Try it: Restrict the output to the lines below starting at the one that contains "pub struct Party" and ending at the one that contains "pub fn handle_of(&self, name: Name)", and restate them word for word, both ends included.

Material shown:
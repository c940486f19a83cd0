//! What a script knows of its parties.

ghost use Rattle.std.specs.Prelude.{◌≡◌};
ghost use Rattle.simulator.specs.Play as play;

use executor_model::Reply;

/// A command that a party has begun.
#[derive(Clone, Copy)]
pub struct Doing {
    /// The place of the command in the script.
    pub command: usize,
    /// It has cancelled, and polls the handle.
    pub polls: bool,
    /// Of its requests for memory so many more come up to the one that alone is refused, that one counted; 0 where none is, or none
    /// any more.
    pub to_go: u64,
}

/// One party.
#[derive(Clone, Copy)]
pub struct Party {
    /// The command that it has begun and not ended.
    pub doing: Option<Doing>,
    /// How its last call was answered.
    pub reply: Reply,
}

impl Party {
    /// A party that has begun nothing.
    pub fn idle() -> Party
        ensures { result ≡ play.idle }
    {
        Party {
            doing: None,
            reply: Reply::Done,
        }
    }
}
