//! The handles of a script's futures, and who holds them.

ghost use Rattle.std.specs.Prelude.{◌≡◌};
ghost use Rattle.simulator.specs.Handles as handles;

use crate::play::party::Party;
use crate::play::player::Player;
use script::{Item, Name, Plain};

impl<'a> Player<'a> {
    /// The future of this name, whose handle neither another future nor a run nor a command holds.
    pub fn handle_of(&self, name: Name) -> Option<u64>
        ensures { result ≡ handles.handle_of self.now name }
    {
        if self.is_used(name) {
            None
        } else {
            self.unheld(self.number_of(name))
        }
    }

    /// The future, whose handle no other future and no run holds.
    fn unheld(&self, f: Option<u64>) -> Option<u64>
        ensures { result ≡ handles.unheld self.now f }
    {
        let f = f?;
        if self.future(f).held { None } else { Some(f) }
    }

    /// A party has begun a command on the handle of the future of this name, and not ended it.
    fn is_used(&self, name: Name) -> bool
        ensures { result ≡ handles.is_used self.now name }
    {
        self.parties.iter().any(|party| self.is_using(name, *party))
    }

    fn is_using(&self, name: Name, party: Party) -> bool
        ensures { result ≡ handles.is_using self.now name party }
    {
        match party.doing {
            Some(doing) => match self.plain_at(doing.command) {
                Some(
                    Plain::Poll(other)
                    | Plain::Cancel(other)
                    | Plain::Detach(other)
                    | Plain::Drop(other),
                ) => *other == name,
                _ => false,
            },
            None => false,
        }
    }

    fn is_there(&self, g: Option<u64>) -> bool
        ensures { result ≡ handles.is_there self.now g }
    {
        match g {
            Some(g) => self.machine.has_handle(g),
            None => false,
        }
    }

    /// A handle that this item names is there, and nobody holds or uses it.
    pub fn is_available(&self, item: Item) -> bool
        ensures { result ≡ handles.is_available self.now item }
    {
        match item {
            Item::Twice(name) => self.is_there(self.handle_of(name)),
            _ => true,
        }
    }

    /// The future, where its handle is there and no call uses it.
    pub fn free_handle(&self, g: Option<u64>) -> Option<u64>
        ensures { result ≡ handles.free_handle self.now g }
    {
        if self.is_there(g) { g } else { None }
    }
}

* * *

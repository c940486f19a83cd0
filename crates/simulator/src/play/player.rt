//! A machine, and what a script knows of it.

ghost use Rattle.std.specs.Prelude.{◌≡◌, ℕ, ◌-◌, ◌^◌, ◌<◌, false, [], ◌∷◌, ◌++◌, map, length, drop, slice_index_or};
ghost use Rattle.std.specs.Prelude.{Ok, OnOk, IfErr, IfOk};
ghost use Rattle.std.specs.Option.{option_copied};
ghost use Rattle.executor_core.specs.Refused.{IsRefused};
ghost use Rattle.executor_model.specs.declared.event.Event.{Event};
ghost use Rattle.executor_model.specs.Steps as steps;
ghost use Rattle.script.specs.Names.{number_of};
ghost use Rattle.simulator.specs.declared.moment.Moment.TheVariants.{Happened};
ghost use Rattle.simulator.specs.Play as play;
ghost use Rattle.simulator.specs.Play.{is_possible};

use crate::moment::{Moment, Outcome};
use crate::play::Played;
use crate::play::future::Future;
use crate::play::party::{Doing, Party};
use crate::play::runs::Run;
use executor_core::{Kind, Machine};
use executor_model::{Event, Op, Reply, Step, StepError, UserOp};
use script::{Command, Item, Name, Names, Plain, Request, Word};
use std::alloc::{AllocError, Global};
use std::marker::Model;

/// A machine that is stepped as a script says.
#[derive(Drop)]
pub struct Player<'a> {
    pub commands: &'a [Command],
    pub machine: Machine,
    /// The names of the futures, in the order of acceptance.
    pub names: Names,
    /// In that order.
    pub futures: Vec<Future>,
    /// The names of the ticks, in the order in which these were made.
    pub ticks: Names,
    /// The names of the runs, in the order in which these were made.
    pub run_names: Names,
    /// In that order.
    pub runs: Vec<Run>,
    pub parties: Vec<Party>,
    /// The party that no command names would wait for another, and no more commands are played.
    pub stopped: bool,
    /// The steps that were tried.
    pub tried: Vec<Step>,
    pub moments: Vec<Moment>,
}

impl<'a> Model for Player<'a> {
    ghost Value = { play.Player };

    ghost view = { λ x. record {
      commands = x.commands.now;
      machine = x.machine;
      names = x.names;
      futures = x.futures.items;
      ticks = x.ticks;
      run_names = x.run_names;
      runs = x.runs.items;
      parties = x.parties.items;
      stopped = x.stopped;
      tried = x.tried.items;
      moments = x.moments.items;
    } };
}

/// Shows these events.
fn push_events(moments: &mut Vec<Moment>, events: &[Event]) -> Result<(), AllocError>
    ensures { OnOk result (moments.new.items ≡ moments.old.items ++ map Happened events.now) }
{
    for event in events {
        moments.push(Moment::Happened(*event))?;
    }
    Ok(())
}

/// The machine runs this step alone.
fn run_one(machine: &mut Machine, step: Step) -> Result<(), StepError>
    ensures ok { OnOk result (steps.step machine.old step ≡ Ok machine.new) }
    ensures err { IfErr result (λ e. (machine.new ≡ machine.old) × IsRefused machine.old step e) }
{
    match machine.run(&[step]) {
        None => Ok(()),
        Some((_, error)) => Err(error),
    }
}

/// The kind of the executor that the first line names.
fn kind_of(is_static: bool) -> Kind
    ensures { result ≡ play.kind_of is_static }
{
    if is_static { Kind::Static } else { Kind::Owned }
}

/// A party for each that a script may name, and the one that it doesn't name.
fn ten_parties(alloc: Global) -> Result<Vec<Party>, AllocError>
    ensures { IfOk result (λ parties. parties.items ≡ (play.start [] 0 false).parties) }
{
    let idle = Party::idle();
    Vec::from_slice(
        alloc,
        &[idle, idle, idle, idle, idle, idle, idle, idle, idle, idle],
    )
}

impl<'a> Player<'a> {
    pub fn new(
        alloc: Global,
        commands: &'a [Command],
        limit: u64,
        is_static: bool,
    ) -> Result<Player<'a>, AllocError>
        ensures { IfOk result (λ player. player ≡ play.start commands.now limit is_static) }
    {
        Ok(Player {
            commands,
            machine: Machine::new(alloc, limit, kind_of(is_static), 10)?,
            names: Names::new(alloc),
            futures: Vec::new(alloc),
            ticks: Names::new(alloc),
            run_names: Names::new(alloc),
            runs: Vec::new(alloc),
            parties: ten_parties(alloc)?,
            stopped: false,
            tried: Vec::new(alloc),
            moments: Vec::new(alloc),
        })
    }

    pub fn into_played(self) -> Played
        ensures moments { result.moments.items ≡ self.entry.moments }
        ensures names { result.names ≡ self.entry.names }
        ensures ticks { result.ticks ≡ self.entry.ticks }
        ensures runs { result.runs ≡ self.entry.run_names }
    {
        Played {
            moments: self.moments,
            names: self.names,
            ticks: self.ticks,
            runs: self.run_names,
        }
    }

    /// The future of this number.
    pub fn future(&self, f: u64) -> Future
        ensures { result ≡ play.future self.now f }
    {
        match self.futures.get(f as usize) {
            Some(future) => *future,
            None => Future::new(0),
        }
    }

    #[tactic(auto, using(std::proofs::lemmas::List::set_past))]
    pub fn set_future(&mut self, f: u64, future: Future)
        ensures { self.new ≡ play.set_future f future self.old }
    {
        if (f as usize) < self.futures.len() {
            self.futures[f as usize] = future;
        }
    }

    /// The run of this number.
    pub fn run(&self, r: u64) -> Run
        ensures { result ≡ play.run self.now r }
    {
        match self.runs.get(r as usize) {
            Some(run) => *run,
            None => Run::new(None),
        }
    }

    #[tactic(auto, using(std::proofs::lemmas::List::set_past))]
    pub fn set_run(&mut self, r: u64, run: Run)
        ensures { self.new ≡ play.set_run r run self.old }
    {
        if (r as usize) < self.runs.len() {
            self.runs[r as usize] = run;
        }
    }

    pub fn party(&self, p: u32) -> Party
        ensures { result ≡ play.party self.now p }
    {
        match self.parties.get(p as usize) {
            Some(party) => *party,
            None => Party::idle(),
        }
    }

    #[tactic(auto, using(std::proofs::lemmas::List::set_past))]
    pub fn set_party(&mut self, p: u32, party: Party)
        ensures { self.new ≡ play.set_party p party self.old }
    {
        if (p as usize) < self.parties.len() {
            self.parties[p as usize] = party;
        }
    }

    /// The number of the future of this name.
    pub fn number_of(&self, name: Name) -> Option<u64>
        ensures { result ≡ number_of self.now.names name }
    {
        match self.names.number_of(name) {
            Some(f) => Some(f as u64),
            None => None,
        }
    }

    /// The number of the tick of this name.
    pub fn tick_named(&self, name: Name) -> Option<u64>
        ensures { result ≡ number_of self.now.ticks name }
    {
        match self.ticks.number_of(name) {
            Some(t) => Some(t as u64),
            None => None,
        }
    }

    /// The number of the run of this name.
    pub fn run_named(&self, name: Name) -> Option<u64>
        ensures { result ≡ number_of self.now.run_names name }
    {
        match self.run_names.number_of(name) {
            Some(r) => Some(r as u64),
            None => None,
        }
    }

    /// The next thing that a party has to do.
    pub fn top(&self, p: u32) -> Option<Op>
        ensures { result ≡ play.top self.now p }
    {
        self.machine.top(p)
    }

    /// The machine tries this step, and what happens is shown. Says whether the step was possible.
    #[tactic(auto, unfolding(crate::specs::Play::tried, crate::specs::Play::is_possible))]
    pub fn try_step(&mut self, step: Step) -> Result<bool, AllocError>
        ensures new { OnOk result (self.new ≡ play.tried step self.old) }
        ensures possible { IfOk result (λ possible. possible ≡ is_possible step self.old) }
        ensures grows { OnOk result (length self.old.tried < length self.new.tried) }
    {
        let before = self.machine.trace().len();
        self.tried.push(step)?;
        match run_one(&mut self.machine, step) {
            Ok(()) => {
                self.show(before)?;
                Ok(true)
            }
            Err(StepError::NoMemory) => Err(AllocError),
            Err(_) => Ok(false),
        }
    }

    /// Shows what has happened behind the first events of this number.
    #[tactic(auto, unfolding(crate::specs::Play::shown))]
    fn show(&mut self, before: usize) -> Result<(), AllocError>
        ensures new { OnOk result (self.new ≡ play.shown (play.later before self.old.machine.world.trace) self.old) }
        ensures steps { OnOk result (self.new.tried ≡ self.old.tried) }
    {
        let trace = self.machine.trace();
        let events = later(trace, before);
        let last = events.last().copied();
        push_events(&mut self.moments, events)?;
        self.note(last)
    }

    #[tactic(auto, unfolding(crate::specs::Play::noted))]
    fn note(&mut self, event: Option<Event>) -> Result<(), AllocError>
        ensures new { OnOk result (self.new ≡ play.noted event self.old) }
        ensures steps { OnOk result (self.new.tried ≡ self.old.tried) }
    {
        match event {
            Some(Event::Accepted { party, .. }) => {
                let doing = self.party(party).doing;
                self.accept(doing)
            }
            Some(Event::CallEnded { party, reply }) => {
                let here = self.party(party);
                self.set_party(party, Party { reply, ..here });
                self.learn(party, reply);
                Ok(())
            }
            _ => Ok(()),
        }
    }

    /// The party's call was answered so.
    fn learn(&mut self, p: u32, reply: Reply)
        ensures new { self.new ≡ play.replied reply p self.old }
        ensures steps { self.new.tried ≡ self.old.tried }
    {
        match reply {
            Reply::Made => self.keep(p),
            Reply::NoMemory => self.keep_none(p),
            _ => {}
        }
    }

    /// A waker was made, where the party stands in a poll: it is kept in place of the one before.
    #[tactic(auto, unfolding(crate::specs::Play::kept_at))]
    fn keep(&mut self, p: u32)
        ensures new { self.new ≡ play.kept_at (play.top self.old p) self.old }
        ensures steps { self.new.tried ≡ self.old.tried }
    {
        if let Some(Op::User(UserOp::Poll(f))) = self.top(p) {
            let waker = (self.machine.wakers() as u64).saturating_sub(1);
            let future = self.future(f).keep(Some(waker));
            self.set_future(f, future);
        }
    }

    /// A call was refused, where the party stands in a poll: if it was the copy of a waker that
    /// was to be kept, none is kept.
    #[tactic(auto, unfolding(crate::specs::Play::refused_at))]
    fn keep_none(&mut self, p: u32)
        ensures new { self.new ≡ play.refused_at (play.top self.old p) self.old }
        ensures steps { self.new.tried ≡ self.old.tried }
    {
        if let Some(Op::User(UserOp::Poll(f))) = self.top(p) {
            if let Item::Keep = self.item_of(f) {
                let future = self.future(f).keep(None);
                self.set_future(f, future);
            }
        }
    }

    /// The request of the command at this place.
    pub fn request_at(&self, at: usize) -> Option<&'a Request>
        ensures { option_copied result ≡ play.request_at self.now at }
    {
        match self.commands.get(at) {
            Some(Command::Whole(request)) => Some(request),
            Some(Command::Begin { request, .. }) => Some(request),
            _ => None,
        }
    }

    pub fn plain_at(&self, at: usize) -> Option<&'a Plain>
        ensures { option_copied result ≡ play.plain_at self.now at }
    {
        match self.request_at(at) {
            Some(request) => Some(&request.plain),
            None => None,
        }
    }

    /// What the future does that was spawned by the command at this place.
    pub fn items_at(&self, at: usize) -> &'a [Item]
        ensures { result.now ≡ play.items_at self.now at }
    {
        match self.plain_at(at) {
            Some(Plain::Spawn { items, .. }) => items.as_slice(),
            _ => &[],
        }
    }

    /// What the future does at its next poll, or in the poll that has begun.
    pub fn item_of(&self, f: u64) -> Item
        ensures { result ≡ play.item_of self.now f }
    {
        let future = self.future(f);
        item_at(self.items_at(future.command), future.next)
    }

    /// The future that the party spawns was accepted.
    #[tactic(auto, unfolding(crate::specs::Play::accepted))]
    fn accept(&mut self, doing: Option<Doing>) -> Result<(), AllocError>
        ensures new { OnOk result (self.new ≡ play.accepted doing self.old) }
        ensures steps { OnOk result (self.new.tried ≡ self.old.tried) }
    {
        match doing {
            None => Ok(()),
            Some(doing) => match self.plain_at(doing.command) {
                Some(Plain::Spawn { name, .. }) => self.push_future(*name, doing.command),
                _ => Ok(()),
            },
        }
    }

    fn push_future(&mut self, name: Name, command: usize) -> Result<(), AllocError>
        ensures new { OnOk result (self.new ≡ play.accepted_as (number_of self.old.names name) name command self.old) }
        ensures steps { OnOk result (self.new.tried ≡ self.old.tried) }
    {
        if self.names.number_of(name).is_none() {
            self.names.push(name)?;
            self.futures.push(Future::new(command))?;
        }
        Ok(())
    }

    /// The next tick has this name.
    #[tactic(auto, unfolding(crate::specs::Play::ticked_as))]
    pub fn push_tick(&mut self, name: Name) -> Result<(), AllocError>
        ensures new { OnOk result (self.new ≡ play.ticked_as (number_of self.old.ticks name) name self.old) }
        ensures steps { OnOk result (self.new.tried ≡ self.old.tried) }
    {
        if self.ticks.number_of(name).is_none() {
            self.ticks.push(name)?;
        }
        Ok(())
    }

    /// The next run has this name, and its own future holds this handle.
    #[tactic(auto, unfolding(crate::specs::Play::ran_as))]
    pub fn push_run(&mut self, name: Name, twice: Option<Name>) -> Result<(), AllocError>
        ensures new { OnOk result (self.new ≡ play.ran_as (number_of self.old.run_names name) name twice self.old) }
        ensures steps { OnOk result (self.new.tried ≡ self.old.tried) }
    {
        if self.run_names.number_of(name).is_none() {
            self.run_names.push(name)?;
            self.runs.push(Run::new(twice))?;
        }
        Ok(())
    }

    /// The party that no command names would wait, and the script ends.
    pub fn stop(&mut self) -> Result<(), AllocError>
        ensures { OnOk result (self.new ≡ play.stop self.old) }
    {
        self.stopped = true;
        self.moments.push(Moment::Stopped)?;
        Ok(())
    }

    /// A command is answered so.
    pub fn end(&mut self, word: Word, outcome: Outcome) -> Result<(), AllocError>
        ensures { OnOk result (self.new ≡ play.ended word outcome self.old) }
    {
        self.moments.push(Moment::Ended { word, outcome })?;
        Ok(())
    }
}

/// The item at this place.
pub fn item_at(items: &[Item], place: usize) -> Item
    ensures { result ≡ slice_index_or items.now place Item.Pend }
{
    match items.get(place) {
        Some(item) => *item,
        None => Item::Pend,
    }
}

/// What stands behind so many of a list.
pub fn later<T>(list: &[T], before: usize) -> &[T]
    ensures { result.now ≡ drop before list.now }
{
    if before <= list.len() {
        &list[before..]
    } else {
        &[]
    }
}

Expected answer:
pub struct Party {
    /// The command that it has begun and not ended.
    pub doing: Option<Doing>,
    /// How its last call was answered.
    pub reply: Reply,
}

impl Party {
    /// A party that has begun nothing.
    pub fn idle() -> Party
        ensures { result ≡ play.idle }
    {
        Party {
            doing: None,
            reply: Reply::Done,
        }
    }
}
//! The handles of a script's futures, and who holds them.

ghost use Rattle.std.specs.Prelude.{◌≡◌};
ghost use Rattle.simulator.specs.Handles as handles;

use crate::play::party::Party;
use crate::play::player::Player;
use script::{Item, Name, Plain};

impl<'a> Player<'a> {
    /// The future of this name, whose handle neither another future nor a run nor a command holds.
    pub fn handle_of(&self, name: Name) -> Option<u64>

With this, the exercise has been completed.